The program below show that gcc reorder floating point instructions in such a way to make inexact checking fruitless. Reading generated assembler I see two problems: 1) the cast to float in x assignment is executed *after* fetestexcept and not before as it's written (and needed to get the correct result). This infringes C99 standard sequence point rules. 2) the second division is not recomputed (because CSE), then inexact flag is not changed after feclearexcept I guess that the latter is due to missing #pragma STDC FENV_ACCESS implementation, but the former undermine the whole fetestexcept usability. $ cat bug.c #include <fenv.h> #include <stdio.h> double vf = 0x0fffffff; double vg = 0x10000000; /* vf/vg is exactly representable as IEC559 64 bit floating point, while it's not representable exactly as a 32 bit one */ int main() { double a = vf; double b = vg; feclearexcept(FE_INEXACT); float x; x = a / b; printf("%i %.1000g\n", fetestexcept(FE_INEXACT), x); feclearexcept(FE_INEXACT); double y; y = a / b; printf("%i %.1000g\n", fetestexcept(FE_INEXACT), y); return 0; } $ gcc -O2 bug.c -lm $ ./a.out 0 1 0 0.9999999962747097015380859375 $
Created attachment 17176 [details] Assembler generated by gcc -S -O2 bug.c
It is both due to missing #pragma STDC FENV_ACCESS GCC does not have a way to represent use/def of floating-point status, so the call to fetestexcept is not a barrier for moving floating-point operations. In fact, it will be hard to represent this.
*** Bug 85633 has been marked as a duplicate of this bug. ***
Note that a not too disruptive "implementation" of the dependences would be to add outgoing abnormal edges to the fenv* calls. Not too disruptive in terms of implementation - the effect on code generation might be very noticable though (note that all calls to functions that might call fenv* functions themselves are subject to the same treatment). Of course there's the (existing) issue of RTL expansion not maintaining abnormal edges. You can experiment with this by declaring the fenv* functions with __attribute__((returns_twice)). Note w/o also having incoming abnormal edges this might not be a full barrier for downward motion.
Since any non-const function can examine floating-point state, I'd expect significant effects on code generation. (Whether this also applies to asms depends on the architecture; some architectures have a register name you can use in asm operands to refer to floating-point state, and in those cases asms reading or writing that state "should" say explicitly that they do so, but I don't think all architectures have such a name supported by GCC in asms.)

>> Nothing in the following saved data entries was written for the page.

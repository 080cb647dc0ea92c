// The disk under a volume.
ghost use Rattle.std.specs.Prelude.{◌≡◌, ◌⊎◌, ℕ, ◌≤◌, ◌+◌, List, Option};
ghost use Rattle.std.specs.Prelude.{IfSome, IfOk, OnOk, OnErr, length, slice_range};
ghost use Rattle.hm_types.specs.Faults.{HasCause};
ghost use Rattle.hm_types.specs.Told.{BothTell};
ghost use Rattle.hm_disk.specs.declared.limits.TheConstants.{MOST_CALL_BYTES};
ghost use Rattle.hm_disk.specs.Crash.{Told, MayLeave};
ghost use Rattle.hm_disk.specs.Disk.{Written, MayBeTorn, Synced, moment_of};
ghost use Rattle.hm_disk.specs.Moments.{CallElapses, SyncElapses, SameLeft};

use hm_types::Failed;

/// The disk that a volume stands on: bytes that are read and written in place, and made durable by a
/// sync.
///
/// A disk may tell what it holds; one over a file tells nothing. No call changes whether it tells, and
/// the size of a disk never changes. Where it tells, a call asks that its range lies inside the disk.
/// Its count of faults never falls, and stands still at the greatest `u64`.
pub trait Disk {
    /// What the disk holds, which of it is unsettled, and the moment: it counts the syncs that
    /// succeeded, so that no other call changes it.
    ghost told: { Self → Option Told };

    /// Which images a crash at that moment or at any later one may have left, within a call too. It
    /// says something only where the disk tells what it holds.
    ghost left_since: { Self → ℕ → List ℕ → Type 0 };

    /// What is over of the disk, as data: it fixes what a crash up to the start of the present moment
    /// may have left. So code that knows no more of a disk than that this is the same knows that too.
    ghost Past: { Type 0 };

    ghost past: { Self → Self.Past };

    /// Which images a crash at that moment or at a later one, up to the start of the present one, may
    /// have left.
    ghost left_before: { Self.Past → ℕ → List ℕ → Type 0 };

    /// How many faults there were.
    ghost faults: { Self → ℕ };

    /// The size in bytes. After `Failed`, as after any other answer, all is as before.
    fn size(&mut self) -> Result<u64, Failed>
        ensures ok { IfOk result (λ size. IfSome (told self.old) (λ t. size ≡ length t.bytes)) }
        ensures same { told self.new ≡ told self.old }
        ensures past { past self.new ≡ past self.old }
        ensures any_moment { SameLeft (left_since self.old) (left_since self.new) }
        ensures cause { HasCause (faults self.old) (faults self.new) result };

    /// Fills `buf` with the bytes from `place` on. It changes nothing on the disk; what `buf` holds
    /// after `Failed` is not known.
    fn read_at(&mut self, place: u64, buf: &mut [u8]) -> Result<(), Failed>
        requires length { length buf.old ≤ MOST_CALL_BYTES }
        requires within { IfSome (told self.old) (λ t. place + length buf.old ≤ length t.bytes) }
        ensures ok { OnOk result (IfSome (told self.old) (λ t.
            buf.new ≡ slice_range t.bytes place (place + length buf.old))) }
        ensures same { told self.new ≡ told self.old }
        ensures past { past self.new ≡ past self.old }
        ensures any_moment { SameLeft (left_since self.old) (left_since self.new) }
        ensures cause { HasCause (faults self.old) (faults self.new) result };

    /// Writes the bytes from `place` on, where they are unsettled until the next sync that succeeds.
    /// After `Failed` the range holds any bytes and is unsettled, or the write was not begun: nothing
    /// has changed, and no crash within left anything new. The moment stays.
    fn write_at(&mut self, place: u64, bytes: &[u8]) -> Result<(), Failed>
        requires length { length bytes.now ≤ MOST_CALL_BYTES }
        requires within { IfSome (told self.old) (λ t. place + length bytes.now ≤ length t.bytes) }
        ensures ok { OnOk result
            (BothTell (told self.old) (told self.new) (Written place bytes.now)) }
        ensures err { OnErr result
            (BothTell (told self.old) (told self.new) (MayBeTorn place (length bytes.now))) }
        ensures moment { moment_of (told self.new) ≡ moment_of (told self.old) }
        ensures past { past self.new ≡ past self.old }
        ensures any_moment { BothTell (told self.old) (told self.new)
            (CallElapses place (length bytes.now) (left_since self.old) (left_since self.new)) }
        ensures cause { HasCause (faults self.old) (faults self.new) result };

    /// Settles all that was written, and raises the moment. After `Failed` nothing more is settled than
    /// before, and the moment stays.
    fn sync(&mut self) -> Result<(), Failed>
        ensures ok { OnOk result (BothTell (told self.old) (told self.new) Synced) }
        ensures err { OnErr result (told self.new ≡ told self.old) }
        ensures past { OnErr result (past self.new ≡ past self.old) }
        ensures any_moment { BothTell (told self.old) (told self.new)
            (SyncElapses (left_since self.old) (left_since self.new)) }
        ensures cause { HasCause (faults self.old) (faults self.new) result };

    /// How many faults there were.
    fn faults(&self) -> u64
        ensures { result ≡ faults self.now };

    /// What a crash now may leave counts as left since each moment up to now.
    ghost counts_now: { (disk : Self) (moment : ℕ) (image : List ℕ) → IfSome (told disk) (λ t.
        moment ≤ t.moment → MayLeave t.bytes t.unsettled image → left_since disk moment image) };

    /// Since the present moment nothing else was left: within a moment writes only add to it.
    ghost only_now: { (disk : Self) (image : List ℕ) → IfSome (told disk) (λ t.
        left_since disk t.moment image → MayLeave t.bytes t.unsettled image) };

    /// What was left since a moment was left since each earlier one.
    ghost since_earlier: { (disk : Self) (earlier moment : ℕ) (image : List ℕ) →
        IfSome (told disk) (λ t.
        earlier ≤ moment → left_since disk moment image → left_since disk earlier image) };

    /// What was left since a moment was left by the start of the present one, or a crash now may leave
    /// it.
    ghost splits: { (disk : Self) (moment : ℕ) (image : List ℕ) → left_since disk moment image →
        left_before (past disk) moment image
        ⊎ IfSome (told disk) (λ t. MayLeave t.bytes t.unsettled image) };

    /// What was left by the start of the present moment was left.
    ghost joins: { (disk : Self) (moment : ℕ) (image : List ℕ) →
        left_before (past disk) moment image → left_since disk moment image };
}
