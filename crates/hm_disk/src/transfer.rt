// Transfers of any length, in pieces that a disk takes.
ghost use Rattle.std.specs.Prelude.{◌≡◌, ◌<◌, ◌≤◌, ◌+◌, ◌^◌, IfSome, OnOk, OnErr, length, slice_range};
ghost use Rattle.hm_types.specs.Faults.{HasCause};
ghost use Rattle.hm_types.specs.Told.{BothTell};
ghost use Rattle.hm_disk.specs.Disk.{moment_of};
ghost use Rattle.hm_disk.specs.Moments.{WriteElapses, SameLeft};
ghost use Rattle.hm_disk.specs.Transfer.{WrittenAll, TornAll, WrittenSynced};

use crate::disk::Disk;
use crate::limits::MOST_CALL_BYTES;
use hm_types::Failed;

/// Fills `buf`, of any length, with the bytes from `place` on. It changes nothing on the disk; what
/// `buf` holds after `Failed` is not known.
pub fn read_all_at<D: Disk>(disk: &mut D, place: u64, buf: &mut [u8]) -> Result<(), Failed>
    requires range { place + length buf.old < 2 ^ 64 }
    requires within { IfSome (D.told disk.old) (λ t. place + length buf.old ≤ length t.bytes) }
    ensures ok { OnOk result (IfSome (D.told disk.old) (λ t.
        buf.new ≡ slice_range t.bytes place (place + length buf.old))) }
    ensures same { D.told disk.new ≡ D.told disk.old }
    ensures past { D.past disk.new ≡ D.past disk.old }
    ensures any_moment { SameLeft (D.left_since disk.old) (D.left_since disk.new) }
    ensures cause { HasCause (D.faults disk.old) (D.faults disk.new) result }
{
    let mut done = 0;
    while done < buf.len() {
        let count = (buf.len() - done).min(MOST_CALL_BYTES);
        disk.read_at(place + done as u64, &mut buf[done..done + count])?;
        done += count;
    }
    Ok(())
}

/// Writes bytes of any number from `place` on, where they are unsettled until the next sync that
/// succeeds. After `Failed` the range holds any bytes, and some or all of it is unsettled. The moment
/// stays. At any time within, a crash leaves what it might have left before, or changes the range
/// alone.
pub fn write_all_at<D: Disk>(disk: &mut D, place: u64, bytes: &[u8]) -> Result<(), Failed>
    requires range { place + length bytes.now < 2 ^ 64 }
    requires within { IfSome (D.told disk.old) (λ t. place + length bytes.now ≤ length t.bytes) }
    ensures ok { OnOk result
        (BothTell (D.told disk.old) (D.told disk.new) (WrittenAll place bytes.now)) }
    ensures err { OnErr result
        (BothTell (D.told disk.old) (D.told disk.new) (TornAll place (length bytes.now))) }
    ensures moment { moment_of (D.told disk.new) ≡ moment_of (D.told disk.old) }
    ensures past { D.past disk.new ≡ D.past disk.old }
    ensures any_moment { BothTell (D.told disk.old) (D.told disk.new)
        (WriteElapses place (length bytes.now) (D.left_since disk.old) (D.left_since disk.new)) }
    ensures cause { HasCause (D.faults disk.old) (D.faults disk.new) result }
{
    let mut done = 0;
    while done < bytes.len() {
        let count = (bytes.len() - done).min(MOST_CALL_BYTES);
        disk.write_at(place + done as u64, &bytes[done..done + count])?;
        done += count;
    }
    Ok(())
}

/// Writes bytes of any number from `place` on, and then settles all that was written. After `Failed`
/// the range holds any bytes, some or all of it is unsettled, and the moment stays. At any time within,
/// a crash leaves what it might have left before, or changes the range alone.
pub fn write_synced<D: Disk>(disk: &mut D, place: u64, bytes: &[u8]) -> Result<(), Failed>
    requires range { place + length bytes.now < 2 ^ 64 }
    requires within { IfSome (D.told disk.old) (λ t. place + length bytes.now ≤ length t.bytes) }
    ensures ok { OnOk result
        (BothTell (D.told disk.old) (D.told disk.new) (WrittenSynced place bytes.now)) }
    ensures err { OnErr result
        (BothTell (D.told disk.old) (D.told disk.new) (TornAll place (length bytes.now))) }
    ensures moment { OnErr result (moment_of (D.told disk.new) ≡ moment_of (D.told disk.old)) }
    ensures past { OnErr result (D.past disk.new ≡ D.past disk.old) }
    ensures any_moment { BothTell (D.told disk.old) (D.told disk.new)
        (WriteElapses place (length bytes.now) (D.left_since disk.old) (D.left_since disk.new)) }
    ensures cause { HasCause (D.faults disk.old) (D.faults disk.new) result }
{
    write_all_at(disk, place, bytes)?;
    disk.sync()
}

On Fri, 4 May 2018, joseph at codesourcery dot com wrote: > https://gcc.gnu.org/bugzilla/show_bug.cgi?id=38960 > > --- Comment #5 from joseph at codesourcery dot com <joseph at codesourcery dot com> --- > Since any non-const function can examine floating-point state, I'd expect > significant effects on code generation. (Whether this also applies to > asms depends on the architecture; some architectures have a register name > you can use in asm operands to refer to floating-point state, and in those > cases asms reading or writing that state "should" say explicitly that they > do so, but I don't think all architectures have such a name supported by > GCC in asms.) That's true. GCCs job would then be to prove and IPA-propagate knowledge of which functions actually do access FP state. If it actually works (still needs to be proven by experiment) it is still the simplest approach for "fixing" the issue. If it works a first enhancement would be to not re-use returns_twice but invent a new attribute so we can do more careful abnormal edge creation. An alternative fix could involve forcing all FP computation results to (addressable aka aliasable) memory and make FP state accesses also access all (FP?) memory. Alternatively all FP ops could be "lowered" to internal functions and thus basically hidden from the optimizers. Dependences to FP state accessors can be handled as memory dependence then. This lowering would be similar to what is proposed for a -ftrapv replacement. The issue then remains on the RTL side though (but maybe we're lucky and re-ordering doesn't happen there and/or we could expand suitable barriers before and after possible FP state accesses). Another alternative would be to try to model the FP state explicitely. With the right infrastructure this would allow modeling other CPU state (CC flags) in a similar way. I think that the force-to-memory variant isn't really worth exploring since it involves a lot of engineering with questionable benefit over the "simple" solution(s).